This project involves building an Image Caption Generator using transfer learning with a pre-trained VGG16 model and a customized LSTM neural network. The project consists of two main components:
-
Model Training (
model.ipynb
):- The model is constructed using transfer learning with the pre-trained VGG16 model as the encoder.
- A customized LSTM neural network is used as the decoder to generate descriptive captions for input images.
- The attention mechanism is applied to improve the model's ability to focus on relevant parts of the image while generating captions.
- The model is trained using a dataset of images and corresponding captions.
- The training script includes code for visualizing the model architecture, training the model, and saving/loading the trained model.
-
Web Application Deployment (
streamlit_app.py
):- The Streamlit web application provides a user-friendly interface for generating image captions.
- Users can upload an image, and the application uses the trained model to generate a descriptive caption for the uploaded image.
- The application utilizes a pre-trained VGG16 model for image feature extraction and a custom LSTM model for caption generation.
- The application provides a seamless experience with one-click caption generation.

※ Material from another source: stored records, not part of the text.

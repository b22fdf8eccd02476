//! Scripts of calls: from the bytes of a script to the bytes of its answers.
#![tactic(auto)]

mod environment;
mod loading;
mod printing;
mod replies;
mod resolving;
mod running;
mod sources;
mod text;

pub use lines::{Line, LineFault, Load, loaded_file, parse_line};
pub use mmio::{FileReader, FileWriter, OneThread, threads_of};
pub use patch::EntrySummer;
pub use running::{run, run_by};
pub use session::WordFolder;
pub use sources::Sources;
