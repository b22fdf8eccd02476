//! Runs of scripts, line by line.
ghost use Rattle.std.specs.Prelude.{ℕ, ◌≡◌, ◌<◌, ◌≤◌, ◌+◌, ◌-◌, ◌^◌, ◌++◌, List, []};
ghost use Rattle.std.specs.Prelude.{MatchOption, OnErr, OnOk, false, length, take};
ghost use Rattle.mmio.specs.Written.{Grows};
ghost use Rattle.model.specs.declared.call.Act.TheVariants.{Print};
ghost use Rattle.model.specs.declared.call.Call.TheVariants.{On};
ghost use Rattle.model.specs.Grammar.{Called, reading_of};
ghost use Rattle.model.specs.Loads.{readings_in, with_file};
ghost use Rattle.model.specs.Renamed.{renamed};
ghost use Rattle.model.specs.Run.{out_of};
ghost use Rattle.model.specs.Poisoned.{Ran};
ghost use Rattle.model.specs.Runs.{TellsOfNoWant};
ghost use Rattle.script.specs.Named.{asks_text, state_in};
ghost use Rattle.script.specs.Turns.{Says, SaysBehind};
ghost use Rattle.session.specs.Performed.{made_in};

use crate::environment::Environment;
use crate::sources::Sources;
use crate::text;
use lines::{Line, LineFault, first_line, parse_line};
use mmio::{FileReader, FileWriter, OneThread};
use model::{Act, Call, NoMemory, Operation, Status};
use patch::EntrySummer;
use runner::Runner;
use session::WordFolder;
use std::alloc::{AllocError, Global};

/// Room for the longest answer of one line: a number of 20 digits and the name of a status.
const STATUS_LINE: usize = 64;

/// Runs a script and appends its answers, each whole.
///
/// Any bytes are a script. Each line that is blank or a comment has no answer; every other one answers
/// its number and a status, with the data lines of its call. What a call has to do is handed to the runner, and is
/// done when the runner likes, or when a later line asks for the value; which of it is done when can't be seen in the
/// answers. A call for which memory is refused answers OUT_OF_MEMORY and changes nothing; one that asks for a value of
/// which memory was refused to the work answers INVALID_OBJECT. `Err` comes only where a growth of `out`, or of the
/// room for one answer's text, was refused; `out` has then gained the answers to the first lines.
/// A line's work depends on that line, on the objects that it names, and on the file that it loads.
pub fn run<S: Sources, R: Runner>(
    alloc: Global,
    script: &[u8],
    sources: &S,
    runner: &mut R,
    out: &mut Vec<u8>,
) -> Result<(), NoMemory>
    ensures headline { OnOk result ((text : List ℕ) → out.new.items ≡ out.old.items ++ text → TellsOfNoWant text
        → text ≡ out_of (S.held sources.now) script.now) }
    ensures ok { OnOk result (Ran (readings_in (S.held sources.now) script.now) out.old.items out.new.items) }
    ensures err { OnErr result ((n : ℕ)
        × Ran (take n (readings_in (S.held sources.now) script.now)) out.old.items out.new.items) }
{
    run_by(&OneThread, alloc, script, sources, runner, out)
}

/// The same where `files` reads and writes files, and sums the values of an object.
pub fn run_by<F: FileReader + FileWriter + EntrySummer + WordFolder, S: Sources, R: Runner>(
    files: &F,
    alloc: Global,
    script: &[u8],
    sources: &S,
    runner: &mut R,
    out: &mut Vec<u8>,
) -> Result<(), NoMemory>
    ensures headline { OnOk result ((text : List ℕ) → out.new.items ≡ out.old.items ++ text → TellsOfNoWant text
        → text ≡ out_of (S.held sources.now) script.now) }
    ensures ok { OnOk result (Ran (readings_in (S.held sources.now) script.now) out.old.items out.new.items) }
    ensures err { OnErr result ((n : ℕ)
        × Ran (take n (readings_in (S.held sources.now) script.now)) out.old.items out.new.items) }
{
    answer_lines(files, alloc, script, sources, runner, out)
}

/// Appends the answers of a script's lines, over a runner that goes with the objects.
fn answer_lines<
    F: FileReader + FileWriter + EntrySummer + WordFolder,
    S: Sources,
    R: Runner + Drop,
>(
    files: &F,
    alloc: Global,
    script: &[u8],
    sources: &S,
    runner: R,
    out: &mut Vec<u8>,
) -> Result<(), NoMemory>
    ensures ok { OnOk result (Ran (readings_in (S.held sources.now) script.now) out.old.items out.new.items) }
    ensures err { OnErr result ((n : ℕ)
        × Ran (take n (readings_in (S.held sources.now) script.now)) out.old.items out.new.items) }
{
    let mut environment = Environment::new(alloc, runner);
    let mut text = Vec::with_capacity(alloc, STATUS_LINE)?;
    let mut rest = script;
    let mut number = 1;
    while !rest.is_empty() {
        let (line, others) = first_line(rest);
        append_answer(
            files,
            alloc,
            sources,
            &mut environment,
            number,
            line,
            &mut text,
            out,
        )?;
        rest = others;
        number += 1;
    }
    Ok(())
}

/// Appends the answer to one line, if it has one, whole, with `text` as room for it. An error appends nothing.
fn append_answer<
    F: FileReader + FileWriter + EntrySummer + WordFolder,
    S: Sources,
    R: Runner + Drop,
>(
    files: &F,
    alloc: Global,
    sources: &S,
    environment: &mut Environment<R>,
    number: u64,
    line: &[u8],
    text: &mut Vec<u8>,
    out: &mut Vec<u8>,
) -> Result<(), AllocError>
    requires { made_in environment.old.session < 2 ^ 64 - 1 }
    ensures says { OnOk result (SaysBehind number (state_in environment.old)
        (with_file (S.held sources.now) (reading_of line.now)) out.old.items out.new.items []
        (state_in environment.new)) }
    ensures err { OnErr result (out.new.items ≡ out.old.items) }
    ensures made { made_in environment.new.session ≤ made_in environment.old.session + 1 }
{
    let length = out.len();
    text.clear();
    if let Err(error) = answer_line(files, alloc, sources, environment, number, line, text, out) {
        out.truncate(length);
        return Err(error);
    }
    if let Err(error) = out.extend_from_slice(text) {
        out.truncate(length);
        return Err(error);
    }
    Ok(())
}

/// Writes the answer to one line, if it has one: what it prints of an object, which may be long, behind `out`, and the
/// rest as `text`, which follows that.
fn answer_line<F: FileReader + FileWriter + EntrySummer + WordFolder, S: Sources, R: Runner + Drop>(
    files: &F,
    alloc: Global,
    sources: &S,
    environment: &mut Environment<R>,
    number: u64,
    line: &[u8],
    text: &mut Vec<u8>,
    out: &mut Vec<u8>,
) -> Result<(), AllocError>
    requires empty { text.old.items ≡ [] }
    requires made { made_in environment.old.session < 2 ^ 64 - 1 }
    ensures says { OnOk result (SaysBehind number (state_in environment.old)
        (with_file (S.held sources.now) (reading_of line.now)) out.old.items out.new.items text.new.items
        (state_in environment.new)) }
    ensures grows { Grows out.old.items out.new.items }
    ensures made { made_in environment.new.session ≤ made_in environment.old.session + 1 }
{
    let read = parse_line(alloc, line);
    // Most lines that compute have two inputs. Where they are, what was read isn't moved, which would copy the fields
    // of calls of all kinds.
    if let Ok(
        Line::Call(
            Call::Operate {
                out,
                operation: Operation::OfTwo { computes, a, b },
            },
        ),
    ) = &read
    {
        return match environment.join(out, *computes, a, b) {
            Ok(()) => text::write_status(text, number, Status::Ok),
            Err(status) => text::write_status(text, number, status),
        };
    }
    match read {
        Ok(Line::Silent) => Ok(()),
        Ok(Line::Call(call)) => match printed(&call) {
            Some(object) => answer_print(files, environment, number, object, text, out),
            None => answer_call(files, environment, number, call, text),
        },
        Ok(Line::Load(load)) => match environment.load(files, sources, load) {
            Ok(()) => text::write_status(text, number, Status::Ok),
            Err(status) => text::write_status(text, number, status),
        },
        Err(LineFault::Syntax) => text::write_status(text, number, Status::Syntax),
        Err(LineFault::NoMemory) => text::write_status(text, number, Status::OutOfMemory),
    }
}

/// The object that a call prints, where it is a print.
fn printed<'a>(call: &Call<&'a str, &'a str>) -> Option<&'a str>
    ensures { MatchOption result (asks_text call.now ≡ false) (λ object. call.now ≡ On object Print) }
{
    match call {
        Call::On {
            object,
            act: Act::Print,
        } => Some(*object),
        _ => None,
    }
}

/// Writes the answer to a call that is no print.
fn answer_call<F: WordFolder, R: Runner + Drop>(
    folder: &F,
    environment: &mut Environment<R>,
    number: u64,
    call: Call<&str, &str>,
    text: &mut Vec<u8>,
) -> Result<(), AllocError>
    requires empty { text.old.items ≡ [] }
    requires textless { asks_text call ≡ false }
    requires made { made_in environment.old.session < 2 ^ 64 - 1 }
    ensures says { OnOk result (Says number (state_in environment.old)
        (Called (renamed (λ name. name.now) (λ name. name.now) call.entry)) text.new.items
        (state_in environment.new)) }
    ensures made { made_in environment.new.session ≤ made_in environment.old.session + 1 }
{
    text::write_status(text, number, Status::Ok)?;
    match environment.perform(folder, call, text) {
        Ok(()) => Ok(()),
        Err(status) => {
            text.clear();
            text::write_status(text, number, status)
        }
    }
}

/// Writes the answer to a print of the object of a name.
fn answer_print<W: FileWriter, R: Runner + Drop>(
    writer: &W,
    environment: &mut Environment<R>,
    number: u64,
    object: &str,
    text: &mut Vec<u8>,
    out: &mut Vec<u8>,
) -> Result<(), AllocError>
    requires empty { text.old.items ≡ [] }
    requires made { made_in environment.old.session < 2 ^ 64 - 1 }
    ensures says { OnOk result (SaysBehind number (state_in environment.old)
        (Called (On object.now Print)) out.old.items out.new.items text.new.items (state_in environment.new)) }
    ensures grows { Grows out.old.items out.new.items }
    ensures made { made_in environment.new.session ≤ made_in environment.old.session + 1 }
{
    let length = out.len();
    text::write_status(text, number, Status::Ok)?;
    out.extend_from_slice(text)?;
    text.clear();
    match environment.print(writer, object, out) {
        Ok(()) => Ok(()),
        Err(status) => {
            out.truncate(length);
            text::write_status(text, number, status)
        }
    }
}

The LSTM neural network is designed with an attention mechanism for improved caption generation. The architecture includes an encoder-decoder structure with the following key components:
-
Encoder:
- Input: Extracted features from the pre-trained VGG16 model.
- Dropout layer for regularization.
- Dense layer with ReLU activation.
- RepeatVector to match the sequence length.
- Bidirectional LSTM layer for sequence processing.
-
Decoder:
- Input: Tokenized sequences of captions.
- Embedding layer for word embeddings.
- Dropout layer for regularization.
- Bidirectional LSTM layer for sequence processing.
- Attention mechanism using dot product.
- Softmax activation for attention scores.
- Lambda layer for applying attention scores to sequence embeddings.
- Summation along the time axis to obtain context vector.
- Concatenation of context vector and encoder output.
- Dense layers for caption prediction.
The model is trained for a specified number of epochs using data generators for both training and validation data. The training script includes code for setting up data generators, training the model, and visualizing the model's training progress.
Trained models can be saved to and loaded from files using the save
and load_model
functions from Keras.
A function is provided to generate captions for new images using the trained model.
BLEU-1 and BLEU-2 scores are calculated to evaluate the performance of the model on test data.
Actual and predicted captions for test images are saved using pickle for further analysis.
The streamlit_app.py
script contains the code for deploying a user-friendly web application using Streamlit. Users can upload an image, and the application will generate and display a descriptive caption using the trained model.
To run the Streamlit app, use the following command:
streamlit run streamlit_app.py
Enjoy exploring the Image Caption Generator!